*** Records for the task ***

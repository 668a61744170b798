// 1 to 9 and 14 come before 10: files that each of them sends back, in calls that 10 would send back too.
use crate::refusals::{NO_FLOAT, RIGHT, sent_back, writing};
use crate::report::Tally;
use crate::withdrawn::ending_with;
use file::Refusal;

// The length of the file of the refusals, which has five records.
const FILE: usize = 179;

pub fn cases(tally: &mut Tally) {
    // Field 5 ends early; its tag is 6; its length is 41; a byte follows it.
    pair(tally, Refusal::EndsEarly, writing().first(FILE - 1));
    pair(tally, Refusal::OtherTag, writing().byte(136, 6).as_slice());
    pair(
        tally,
        Refusal::OtherLength,
        writing().byte(137, 41).as_slice(),
    );
    pair(tally, Refusal::BytesAfter, writing().first(FILE + 1));
    // 9 temps; a scale of post 0 that is not 1.
    pair(tally, Refusal::ManyNames, writing().byte(5, 9).as_slice());
    pair(tally, Refusal::NoIdentity, writing().byte(77, 1).as_slice());
    // Opcode 53; End with a choice; constant 16 of 16.
    pair(tally, Refusal::NoOpcode, writing().byte(171, 53).as_slice());
    pair(tally, Refusal::StrayPart, writing().byte(172, 1).as_slice());
    pair(
        tally,
        Refusal::OutsideTable,
        writing().byte(143, 16).as_slice(),
    );
    pair(tally, Refusal::Withdrawn, ending_with(0).as_slice());
}

// A refusal of a file, with each of the reasons for 10.
fn pair(tally: &mut Tally, refusal: Refusal, file: &[u8]) {
    let mut many = RIGHT;
    many.cells.kinds = 5;
    many.cells.values = 5;
    let mut kind = RIGHT;
    kind.context.kind = 4;
    let mut float = RIGHT;
    float.cells.value = NO_FLOAT;
    let mut handlers = RIGHT;
    handlers.lengths.handlers = 65;
    let reasons = [
        ("a cell too many", many),
        ("kind 4 in the context", kind),
        ("a float of 2^32", float),
        ("65 handlers", handlers),
    ];
    let number = u8::from(refusal);
    for (reason, lent) in reasons {
        let ok = sent_back(file, lent, u32::from(number));
        tally.verdict(format_args!("refused by {number} before 10, {reason}"), ok);
    }
}
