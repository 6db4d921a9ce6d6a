// What a word is: a numeral, a name, or neither.
ghost use Rattle.std.specs.Prelude.{◌≡◌};
ghost use Rattle.grammar.specs.Words.{meaning};
ghost use Rattle.lexer.specs.Wording.{Digits, Names, Reads, Within, told};

use codes::Refusal;
use syntax::{Event, Name, Operator};

// Why a word is no number of the language.
#[derive(Clone, Copy, PartialEq, Eq, Debug)]
pub enum NumeralError {
    OutOfRange,
    NoNumeral,
}

// No word of digits is given a larger value than this, which lies far outside the range of numbers and far below the end of
// 64 bits.
const HELD: u64 = 4294967296;

// The value of a word of digits, or 2^32 if the value is larger. A word that is not made of digits has no value.
pub fn digits(word: &[u8]) -> Option<u64>
    ensures { Digits word.now result }
{
    if word.is_empty() {
        return None;
    }
    word.iter().try_fold(0, |all, byte| {
        let digit = char::from(*byte).to_digit(10)?;
        Some(HELD.min(all * 10 + u64::from(digit)))
    })
}

// The number with this value, if it is in range.
fn number(value: i64) -> Result<i32, NumeralError>
    ensures { Within value result }
{
    i32::try_from(value).map_err(|_| NumeralError::OutOfRange)
}

// The number that a word writes, if it is a numeral in range.
pub fn numeral(word: &[u8]) -> Result<i32, NumeralError>
    ensures { Reads word.now result }
{
    let (sign, unsigned) = match word {
        [b'-', unsigned @ ..] => (-1, unsigned),
        _ => (1, word),
    };
    // at most 2^32, so it fits
    let size = digits(unsigned).ok_or(NumeralError::NoNumeral)? as i64;
    number(sign * size)
}

// The name that has this word.
pub fn name(word: &[u8]) -> Option<Name>
    ensures { Names word.now result }
{
    let name = match word {
        b"add" => Name::Operator(Operator::Add),
        b"div" => Name::Operator(Operator::Div),
        b"eq" => Name::Operator(Operator::Eq),
        b"exec" => Name::Exec,
        b"gt" => Name::Operator(Operator::Gt),
        b"lt" => Name::Operator(Operator::Lt),
        b"mul" => Name::Operator(Operator::Mul),
        b"nget" => Name::Nget,
        b"pop" => Name::Pop,
        b"rem" => Name::Operator(Operator::Rem),
        b"sel" => Name::Sel,
        b"sub" => Name::Operator(Operator::Sub),
        b"swap" => Name::Swap,
        _ => return None,
    };
    Some(name)
}

// The command that a word is, or why it is none.
pub fn command(word: &[u8]) -> Result<Event, Refusal>
    ensures { result ≡ told (meaning word.now) }
{
    match numeral(word) {
        Ok(number) => Ok(Event::Numeral(number)),
        Err(NumeralError::OutOfRange) => Err(Refusal::Range),
        Err(NumeralError::NoNumeral) => name(word).map(Event::Name).ok_or(Refusal::Word),
    }
}
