// A text's tokens, one after the other.
ghost use Rattle.std.specs.Prelude.{◌≡◌, ℕ, ◌<◌, ◌≤◌, Bool, false, length, slice_index};
ghost use Rattle.std.specs.List.{prefix_len};
ghost use Rattle.grammar.specs.Tokens.{tokens, white};
ghost use Rattle.lexer.specs.Lexing.{Leads, is_letter, rest, text_of};

use super::lexer::{Lexer, Token};

// Whether a byte only separates tokens.
fn is_white(b: u8) -> bool
    ensures { result ≡ white b }
{
    matches!(b, b'\t' | b'\n' | b'\r' | b' ')
}

// Whether a byte may stand in a word.
fn is_letter(b: u8) -> bool
    ensures { result ≡ is_letter b }
{
    !matches!(b, b'(' | b')') && !is_white(b)
}

// How many bytes at the front of a text pass a test.
fn front_len<F: Fn(u8) -> bool>(text: &[u8], passes: F) -> usize
    requires { F.IsAlwaysCallable passes }
    ensures within { result ≤ length text.now }
    ensures counts { (p : ℕ → Bool) → ((b : ℕ) (r : Bool) → F.post passes b r → r ≡ p b) → result ≡ prefix_len p text.now }
{
    text.iter().take_while(|b| passes(**b)).count()
}

// The token at the front of a text that begins with no white byte, and how many bytes it takes.
fn first_token(text: &[u8]) -> Option<(Token<'_>, usize)>
    requires { 0 < length text.now → white (slice_index text.now 0) ≡ false }
    ensures { Leads text.now result }
{
    match text {
        [] => None,
        [b'(', ..] => Some((Token::Open, 1)),
        [b')', ..] => Some((Token::Close, 1)),
        _ => {
            let len = front_len(text, is_letter);
            Some((Token::Word(&text[..len]), len))
        }
    }
}

impl<'a> Lexer<'a> {
    // A lexer with all of a text before it.
    pub fn new(text: &'a [u8]) -> Lexer<'a>
        ensures text { text_of result ≡ text.now }
        ensures rest { rest result ≡ tokens text.now }
        ensures start { result.start ≡ 0 }
    {
        Lexer {
            text,
            pos: 0,
            start: 0,
        }
    }

    // Where the token that was given last begins.
    pub fn start(&self) -> usize
        ensures { result ≡ self.now.start }
    {
        self.start
    }
}

impl<'a> Iterator for Lexer<'a> {
    ghost use Rattle.std.specs.Iterator.{item_count};
    ghost use Rattle.lexer.specs.Lexing.{Gives, rest};

    type Item = Token<'a>;

    ghost next_gives = { Gives };

    ghost remaining = { item_count rest };

    // The next token, if there is one.
    fn next(&mut self) -> Option<Token<'a>> {
        let text = self.text;
        let start = self.pos + front_len(&text[self.pos..], is_white);
        let Some((token, len)) = first_token(&text[start..]) else {
            // so that no later call passes them again
            self.pos = start;
            return None;
        };
        *self = Lexer {
            text,
            pos: start + len,
            start,
        };
        Some(token)
    }
}
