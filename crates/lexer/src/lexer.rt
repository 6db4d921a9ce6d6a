// A lexer's tokens and its state.
ghost use Rattle.std.specs.Prelude.{◌≤◌, length};

// A bracket, or a word by its bytes.
#[derive(Clone, Copy, PartialEq, Eq, Debug)]
pub enum Token<'a> {
    Open,
    Close,
    Word(&'a [u8]),
}

// A text, the place up to which its tokens were given, and the place where the token that was given last begins.
#[derive(Drop)]
pub struct Lexer<'a> {
    pub(crate) text: &'a [u8],
    pub(crate) pos: usize,
    pub(crate) start: usize,
    ghost within: { pos ≤ length text.now },
}
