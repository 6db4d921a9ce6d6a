// A text's tokens, and what the words among them are.
#![tactic(auto)]

mod lexer;
mod lexing;
mod words;

pub use lexer::{Lexer, Token};
pub use words::{NumeralError, command, digits, name, numeral};
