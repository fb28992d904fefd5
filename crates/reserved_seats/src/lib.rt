//! A second kind of seats, which only marked candidates may hold: the expanded market, in which
//! each programme stands once with its general and once with its reserved seats.
//!
//! Between a row of the programmes file and an index of a market stands an offer: the row, and
//! which of its seats. In a market that is not expanded each row has one offer, at its own index.
#![tactic(auto)]

// The two kinds of seats, and offers.
mod offers;
// How many seats are reserved, and for whom.
mod seats;
// The expanded market.
mod expansion;
// Who may hold reserved seats, and when.
mod laws;
// Worked examples: what the definitions give on them.
pub mod examples;
#[cfg(test)]
mod tests;

pub use expansion::{expand, expand_parts};
pub use laws::{acceptable_offers, reserved_seats_last};
pub use offers::{Offer, Seat};
pub use seats::Reserved;
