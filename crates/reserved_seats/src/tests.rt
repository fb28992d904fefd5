// A market with bars that gets reserved seats, by its calls; each that takes memory with ample
// memory.

ghost use Rattle.std.specs.Prelude.{IfOk};
ghost use Rattle.reserved_seats.specs.Expansion.{FitsMarket};

use crate::{Offer, Reserved, Seat, acceptable_offers, expand, expand_parts};
use market::examples::rank_bars;
use market::{Market, Prog};
use std::alloc::{AllocError, Global};
use std::process::Abort;
use std::test::Fail;

// A market of two programmes with bars, and three seats of the first one for the first candidate.
fn first_candidate_marked(alloc: Global) -> Result<(Market, Reserved), AllocError>
    ensures { IfOk result (λ given. FitsMarket given.0 given.1) }
{
    let seats = vec![in alloc; 3, 0]?;
    let marked = vec![in alloc; true, false]?;
    let market = rank_bars(alloc)?;
    Ok((market, Reserved::from_parts(seats, marked)))
}

// Compares the type, the quota and the bar of each programme.
fn check_programmes(rt: &impl Abort, market: &Market, programmes: &[(u32, u32, Option<u32>)]) {
    assert_eq!(rt; market.programme_count() as usize, programmes.len());
    for programme in 0..market.programme_count() {
        let Prog { kind, quota, bar } = market.programme(programme);
        assert_eq!(rt;
            programmes.get(programme as usize).copied(),
            Some((kind, quota, bar))
        );
    }
}

// Compares the list of each candidate.
fn check_lists(rt: &impl Abort, market: &Market, lists: &[&[u32]]) {
    assert_eq!(rt; market.candidate_count() as usize, lists.len());
    for candidate in 0..market.candidate_count() {
        assert_eq!(rt;
            lists.get(candidate as usize).copied(),
            Some(market.list(candidate))
        );
    }
}

// Compares the turn order of each type.
fn check_orders(rt: &impl Abort, market: &Market, orders: &[&[u32]]) {
    for kind in 0..market.type_count() {
        assert_eq!(rt;
            orders.get(kind as usize).copied(),
            Some(market.order(kind))
        );
    }
}

#[test]
fn each_programme_stands_twice(rt: HostRuntime) -> Result<(), Fail> {
    let alloc = rt.alloc();
    let (market, reserved) = first_candidate_marked(alloc)?;
    acceptable_offers(&market, &reserved);
    let market = expand(alloc, market, &reserved)?;
    check_programmes(
        &rt,
        &market,
        &[
            (0, 2, Some(50)),
            (1, 2, Some(7)),
            (0, 3, Some(50)),
            (1, 0, Some(7)),
        ],
    );
    check_lists(&rt, &market, &[&[1, 3, 0, 2], &[0, 1]]);
    check_orders(&rt, &market, &[&[0, 1], &[1, 0]]);
    Ok(())
}

#[test]
fn parts_are_expanded_before_a_market_is_made(rt: HostRuntime) -> Result<(), Fail> {
    let alloc = rt.alloc();
    let (market, reserved) = first_candidate_marked(alloc)?;
    let parts = expand_parts(alloc, market.into_parts(), &reserved)?;
    assert_eq!(rt; parts.types, 2);
    let quotas = parts.programmes.iter().map(|programme| programme.quota);
    assert!(rt; quotas.eq([2, 2, 3, 0]));
    let lengths = parts.lists.iter().map(|list| list.items().len());
    assert!(rt; lengths.eq([4, 2]));
    Ok(())
}

// Each index of a market of three rows with its offer.
#[test]
fn offers_have_indexes_and_letters(rt: HostRuntime) {
    let offers = [
        (0, Offer::general(0), "G"),
        (2, Offer::general(2), "G"),
        (3, Offer::reserved(0), "R"),
        (5, Offer::reserved(2), "R"),
    ];
    for (index, offer, letter) in offers {
        assert_eq!(rt; Offer::at(3, index), offer);
        assert_eq!(rt; offer.seat.letter(), letter.as_bytes());
    }
    for field in ["", "-", "g", "GR", "X"] {
        assert_eq!(rt; Seat::of_letter(field.as_bytes()), None);
    }
}
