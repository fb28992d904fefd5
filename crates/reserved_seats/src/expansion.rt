// The expanded market.

ghost use Rattle.std.specs.Prelude.{◌≡◌, ◌<◌, ◌≤◌, ℕ, true, [], length, slice_index_or, IfOk, OnOk};
ghost use Rattle.place_base.specs.declared.limits.TheConstants.{MOST_PROGRAMMES};
ghost use Rattle.market.specs.Problems.{IsValid};
ghost use Rattle.reserved_seats.specs.Expansion.{both_kinds, offered_list, offered_lists, expanded, problem_of, FitsMarket, IsListOf};

use crate::{Offer, Reserved};
use market::{List, Market, MarketParts, Prog};
use std::alloc::{AllocError, Global};

/// The expanded market: behind all programmes each stands once more, of the same type and with the
/// same bar, with its reserved seats as its quota; and in the list of each marked candidate the
/// reserved seats of a programme stand just after its general ones. The market is spent, also where
/// memory is refused, and nothing else is refused.
pub fn expand(alloc: Global, market: Market, reserved: &Reserved) -> Result<Market, AllocError>
    requires { FitsMarket market reserved.now }

    // The market is the definition's, all of it, and that is a valid one.
    ensures expanded { IfOk result (λ m. m ≡ expanded market reserved.now) }
    ensures valid { IsValid (expanded market reserved.now) }
{
    let parts = expand_parts(alloc, market.into_parts(), reserved)?;
    let MarketParts {
        types,
        programmes,
        lists,
        orders,
        ranks,
    } = parts;
    Market::build(alloc, types, programmes, lists, orders, ranks)
}

/// What the expanded market is made of, from what a market is made of: who has no market yet need
/// build but one. Orders and ranks are moved, and so are the lists of those who are not marked.
pub fn expand_parts(
    alloc: Global,
    parts: MarketParts,
    reserved: &Reserved,
) -> Result<MarketParts, AllocError>
    requires valid { IsValid (problem_of parts) }
    requires fit { FitsMarket (problem_of parts) reserved.now }
    ensures expanded { IfOk result (λ wide.
        problem_of wide ≡ expanded (problem_of parts) reserved.now) }
    ensures valid { IsValid (expanded (problem_of parts) reserved.now) }
{
    let MarketParts {
        types,
        programmes,
        mut lists,
        orders,
        ranks,
    } = parts;
    let rows = programmes.len() as u32;
    let programmes = with_reserved(alloc, &programmes, reserved.seats())?;
    offer_reserved(alloc, rows, &mut lists, reserved.marked())?;
    Ok(MarketParts {
        types,
        programmes,
        lists,
        orders,
        ranks,
    })
}

// These programmes, and behind them each once more with its reserved seats.
fn with_reserved(alloc: Global, general: &[Prog], seats: &[u32]) -> Result<Vec<Prog>, AllocError>
    requires { length seats.now ≡ length general.now }
    ensures { IfOk result (λ programmes. programmes.items ≡ both_kinds general.now seats.now) }
{
    let mut programmes = Vec::from_slice(alloc, general)?;
    programmes.reserve(general.len())?;
    for (row, programme) in general.iter().enumerate() {
        programmes.push(Prog {
            quota: seats[row],
            ..*programme
        })?;
    }
    Ok(programmes)
}

// Offers reserved seats to the marked candidates: each list of rows becomes one of offers.
fn offer_reserved(
    alloc: Global,
    rows: u32,
    lists: &mut [List],
    marked: &[bool],
) -> Result<(), AllocError>
    requires few { rows ≤ MOST_PROGRAMMES }
    requires candidates { length marked.now ≡ length lists.old }
    requires lists { (i : ℕ) → i < length lists.old
        → IsListOf rows (slice_index_or lists.old i []) }
    ensures { OnOk result (lists.new ≡ offered_lists rows marked.now lists.old) }
{
    for (candidate, is_marked) in marked.iter().enumerate() {
        if *is_marked {
            let offered = with_reserved_entries(alloc, rows, lists[candidate].items())?;
            lists[candidate] = offered;
        }
    }
    Ok(())
}

// The list of a marked candidate: of each row its general seats, and then its reserved ones.
fn with_reserved_entries(alloc: Global, rows: u32, list: &[u32]) -> Result<List, AllocError>
    requires few { rows ≤ MOST_PROGRAMMES }
    requires list { IsListOf rows list.now }
    ensures { IfOk result (λ offered. offered ≡ offered_list rows true list.now) }
{
    let mut offered = Vec::with_capacity(alloc, 2 * list.len())?;
    for row in list {
        offered.push(Offer::general(*row).index(rows))?;
        offered.push(Offer::reserved(*row).index(rows))?;
    }
    Ok(List::from_vec(offered))
}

*** End of Records for the task ***

◆ What is expected
Return only the lines between the one holding "for candidate in" and the one holding "for (index, offer, letter)", inclusive, exactly as they appear above.

◆ Written response
    for candidate in 0..market.candidate_count() {
        assert_eq!(rt;
            lists.get(candidate as usize).copied(),
            Some(market.list(candidate))
        );
    }
}

// Compares the turn order of each type.
fn check_orders(rt: &impl Abort, market: &Market, orders: &[&[u32]]) {
    for kind in 0..market.type_count() {
        assert_eq!(rt;
            orders.get(kind as usize).copied(),
            Some(market.order(kind))
        );
    }
}

#[test]
fn each_programme_stands_twice(rt: HostRuntime) -> Result<(), Fail> {
    let alloc = rt.alloc();
    let (market, reserved) = first_candidate_marked(alloc)?;
    acceptable_offers(&market, &reserved);
    let market = expand(alloc, market, &reserved)?;
    check_programmes(
        &rt,
        &market,
        &[
            (0, 2, Some(50)),
            (1, 2, Some(7)),
            (0, 3, Some(50)),
            (1, 0, Some(7)),
        ],
    );
    check_lists(&rt, &market, &[&[1, 3, 0, 2], &[0, 1]]);
    check_orders(&rt, &market, &[&[0, 1], &[1, 0]]);
    Ok(())
}

#[test]
fn parts_are_expanded_before_a_market_is_made(rt: HostRuntime) -> Result<(), Fail> {
    let alloc = rt.alloc();
    let (market, reserved) = first_candidate_marked(alloc)?;
    let parts = expand_parts(alloc, market.into_parts(), &reserved)?;
    assert_eq!(rt; parts.types, 2);
    let quotas = parts.programmes.iter().map(|programme| programme.quota);
    assert!(rt; quotas.eq([2, 2, 3, 0]));
    let lengths = parts.lists.iter().map(|list| list.items().len());
    assert!(rt; lengths.eq([4, 2]));
    Ok(())
}

// Each index of a market of three rows with its offer.
#[test]
fn offers_have_indexes_and_letters(rt: HostRuntime) {
    let offers = [
        (0, Offer::general(0), "G"),
        (2, Offer::general(2), "G"),
        (3, Offer::reserved(0), "R"),
        (5, Offer::reserved(2), "R"),
    ];
    for (index, offer, letter) in offers {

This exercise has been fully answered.